--- What is required ---
Return exactly the lines of the records below, starting at the line that contains "fn hex_digit(c: u8) -> Option<u32>" and ending at the line that contains "if digits.is_empty() ||", with both of those lines kept.

--- Material supplied ---
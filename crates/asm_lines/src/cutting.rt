ghost use Rattle.std.specs.Prelude.{◌≡◌, ◌∷◌, [], IfOk, MatchOption};
ghost use Rattle.std.specs.List.{list_all};
ghost use Rattle.asm_lines.specs.Cutting.{is_gap, is_allowed, told, words_from, line_of};
ghost use Rattle.asm_lines.specs.Heads.{has_some, head_of, seen_head};
ghost use Rattle.asm_lines.specs.Sections.{starts};
ghost use Rattle.asm_lines.specs.Tables.{words_seen};

use micro_isa::NoMemory;
use smallvec::SmallVec;
use std::alloc::Global;
use std::marker::Model;

/// A line of a text: its number, counted from 1, and its bytes. Its words are cut as they are asked for.
#[derive(Drop)]
pub struct Row<'a> {
    number: u32,
    line: &'a [u8],
}

impl<'a> Model for Row<'a> {
    ghost use Rattle.asm_lines.specs.Cutting.{TextLine, line_of};

    ghost Value = { TextLine };

    ghost view = { λ r. line_of r.number r.line.now };
}

/// The words of a line.
#[derive(Drop)]
pub struct LineWords<'a> {
    words: SmallVec<&'a [u8], 4, Global>,
}

impl<'a> Model for LineWords<'a> {
    ghost use Rattle.asm_lines.specs.Cutting.{Words};
    ghost use Rattle.asm_lines.specs.Tables.{words_seen};

    ghost Value = { Words };

    ghost view = { λ w. words_seen w.words.items };
}

impl<'a> LineWords<'a> {
    #[inline(always)]
    pub fn as_slice(&self) -> &[&'a [u8]]
        ensures { words_seen result.now ≡ self.now }
    {
        self.words.as_slice()
    }
}

/// The first word of a line, and whether it has another.
#[derive(Clone, Copy)]
pub struct Head<'a> {
    pub first: Option<&'a [u8]>,
    pub more: bool,
}

impl<'a> Row<'a> {
    /// The line of these bytes.
    #[inline(always)]
    pub(crate) fn of(number: u32, line: &'a [u8]) -> Row<'a>
        ensures { result ≡ line_of number line.now }
    {
        Row { number, line }
    }

    /// The number of the line, counted from 1.
    #[inline(always)]
    pub fn number(&self) -> u32
        ensures { result ≡ self.now.number }
    {
        self.number
    }

    /// Whether all bytes of the line are allowed, those of a comment too.
    #[inline(always)]
    pub fn fair(&self) -> bool
        ensures { result ≡ self.now.fair }
    {
        are_allowed(self.line)
    }

    /// The words of the line up to its comment.
    #[inline(always)]
    pub fn words(&self, alloc: Global) -> Result<LineWords<'a>, NoMemory>
        ensures { IfOk result (λ words. words ≡ self.now.words) }
    {
        let words = words_of(alloc, self.line)?;
        Ok(LineWords { words })
    }

    /// The first word of the line, and whether it has another.
    #[inline(always)]
    pub fn head(&self) -> Head<'a>
        ensures { seen_head result ≡ head_of self.now.words }
    {
        match split_word(self.line) {
            None => Head {
                first: None,
                more: false,
            },
            Some((first, rest)) => Head {
                first: Some(first),
                more: has_word(rest),
            },
        }
    }

    /// Whether the line begins a context.
    #[inline(always)]
    pub fn starts(&self) -> bool
        ensures { result ≡ starts self.now.words }
    {
        match split_word(self.line) {
            None => false,
            Some((first, _)) => first == b"context".as_slice(),
        }
    }
}

#[inline(always)]
fn is_gap(c: u8) -> bool
    ensures { result ≡ is_gap c }
{
    c == b' ' || c == b'\t' || c == b','
}

#[inline(always)]
fn is_allowed(c: u8) -> bool
    ensures { result ≡ is_allowed c }
{
    c == b'\t' || (32 <= c && c <= 126)
}

/// All bytes are looked at, whatever the first ones are: the walk has no exit that a compiler must keep.
#[inline(always)]
fn are_allowed(line: &[u8]) -> bool
    ensures { result ≡ list_all is_allowed line.now }
{
    let mut fair = true;
    for c in line {
        fair &= is_allowed(*c);
    }
    fair
}

/// The first word of a line, and what follows it.
#[inline(always)]
fn split_word<'a>(line: &'a [u8]) -> Option<(&'a [u8], &'a [u8])>
    ensures { MatchOption result (words_from [] (told line.now) ≡ []) (λ r. words_from [] (told line.now) ≡ r.0.now ∷ words_from [] (told r.1.now)) }
{
    let mut start = 0;
    for i in 0..line.len() {
        if line[i] == b'#' {
            return if start < i {
                Some((&line[start..i], &line[i..]))
            } else {
                None
            };
        }
        if !is_gap(line[i]) {
            continue;
        }
        if start < i {
            return Some((&line[start..i], &line[i + 1..]));
        }
        start = i + 1;
    }
    if start < line.len() {
        Some((&line[start..], &line[line.len()..]))
    } else {
        None
    }
}

#[inline(always)]
fn has_word(line: &[u8]) -> bool
    ensures { result ≡ has_some (words_from [] (told line.now)) }
{
    split_word(line).is_some()
}

/// The words of a line up to its comment.
#[inline(always)]
fn words_of<'a>(alloc: Global, line: &'a [u8]) -> Result<SmallVec<&'a [u8], 4, Global>, NoMemory>
    ensures { IfOk result (λ v. words_seen v.items ≡ words_from [] (told line.now)) }
{
    let mut words = SmallVec::new(alloc);
    let mut rest = line;
    'words: while let Some((word, behind)) = split_word(rest) {
        match words.push(word) {
            Ok(()) => {}
            Err(_) => return Err(NoMemory),
        }
        rest = behind;
    }
    Ok(words)
}
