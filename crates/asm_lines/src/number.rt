ghost use Rattle.std.specs.Prelude.{◌≡◌, ◌<◌, true, false, IfSome, IfNone, Some, None, if◌then◌else◌, option_map};
ghost use Rattle.std.specs.Char.{is_ascii_hexdigit, digit_value};
ghost use Rattle.asm_lines.specs.Numbers.{hex_number, after_0x, word_number, number_or};

use micro_kit::read_number;

fn hex_digit(c: u8) -> Option<u32>
    ensures value { result ≡ (if is_ascii_hexdigit c then Some (digit_value c) else None) }
    ensures digit { IfNone result (is_ascii_hexdigit c ≡ false) }
    ensures bound { IfSome result (λ d. (d ≡ digit_value c) × (d < 16) × (is_ascii_hexdigit c ≡ true)) }
{
    if c.is_ascii_hexdigit() {
        char::from(c).to_digit(16)
    } else {
        None
    }
}

fn hex_number(digits: &[u8]) -> Option<u32>
    ensures { result ≡ hex_number digits.now }
{
    if digits.is_empty() || 8 < digits.len() {
        return None;
    }
    let mut n = 0u64;
    for c in digits {
        let Some(digit) = hex_digit(*c) else {
            return None;
        };
        n = n * 16 + digit as u64;
        if n > u32::MAX as u64 {
            return None;
        }
    }
    Some(n as u32)
}

fn after_0x<'a>(word: &'a [u8]) -> Option<&'a [u8]>
    ensures { option_map (λ digits. digits.now) result ≡ after_0x word.now }
{
    match word {
        [b'0', b'x', digits @ ..] => Some(digits),
        _ => None,
    }
}

/// The number that a word spells: decimal digits, or `0x` and one to eight hexadecimal digits of
/// either case, with a value of at most 4294967295.
pub fn word_number(word: &[u8]) -> Option<u32>
    ensures { result ≡ word_number word.now }
{
    match after_0x(word) {
        None => read_number(word),
        Some(digits) => hex_number(digits),
    }
}

/// The number that a word spells, and 0 where it spells none.
pub fn number_or(word: &[u8]) -> u32
    ensures { result ≡ number_or word.now }
{
    word_number(word).unwrap_or(0)
}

--- Solution to this task ---
fn hex_digit(c: u8) -> Option<u32>
    ensures value { result ≡ (if is_ascii_hexdigit c then Some (digit_value c) else None) }
    ensures digit { IfNone result (is_ascii_hexdigit c ≡ false) }
    ensures bound { IfSome result (λ d. (d ≡ digit_value c) × (d < 16) × (is_ascii_hexdigit c ≡ true)) }
{
    if c.is_ascii_hexdigit() {
        char::from(c).to_digit(16)
    } else {
        None
    }
}

fn hex_number(digits: &[u8]) -> Option<u32>
    ensures { result ≡ hex_number digits.now }
{
    if digits.is_empty() || 8 < digits.len() {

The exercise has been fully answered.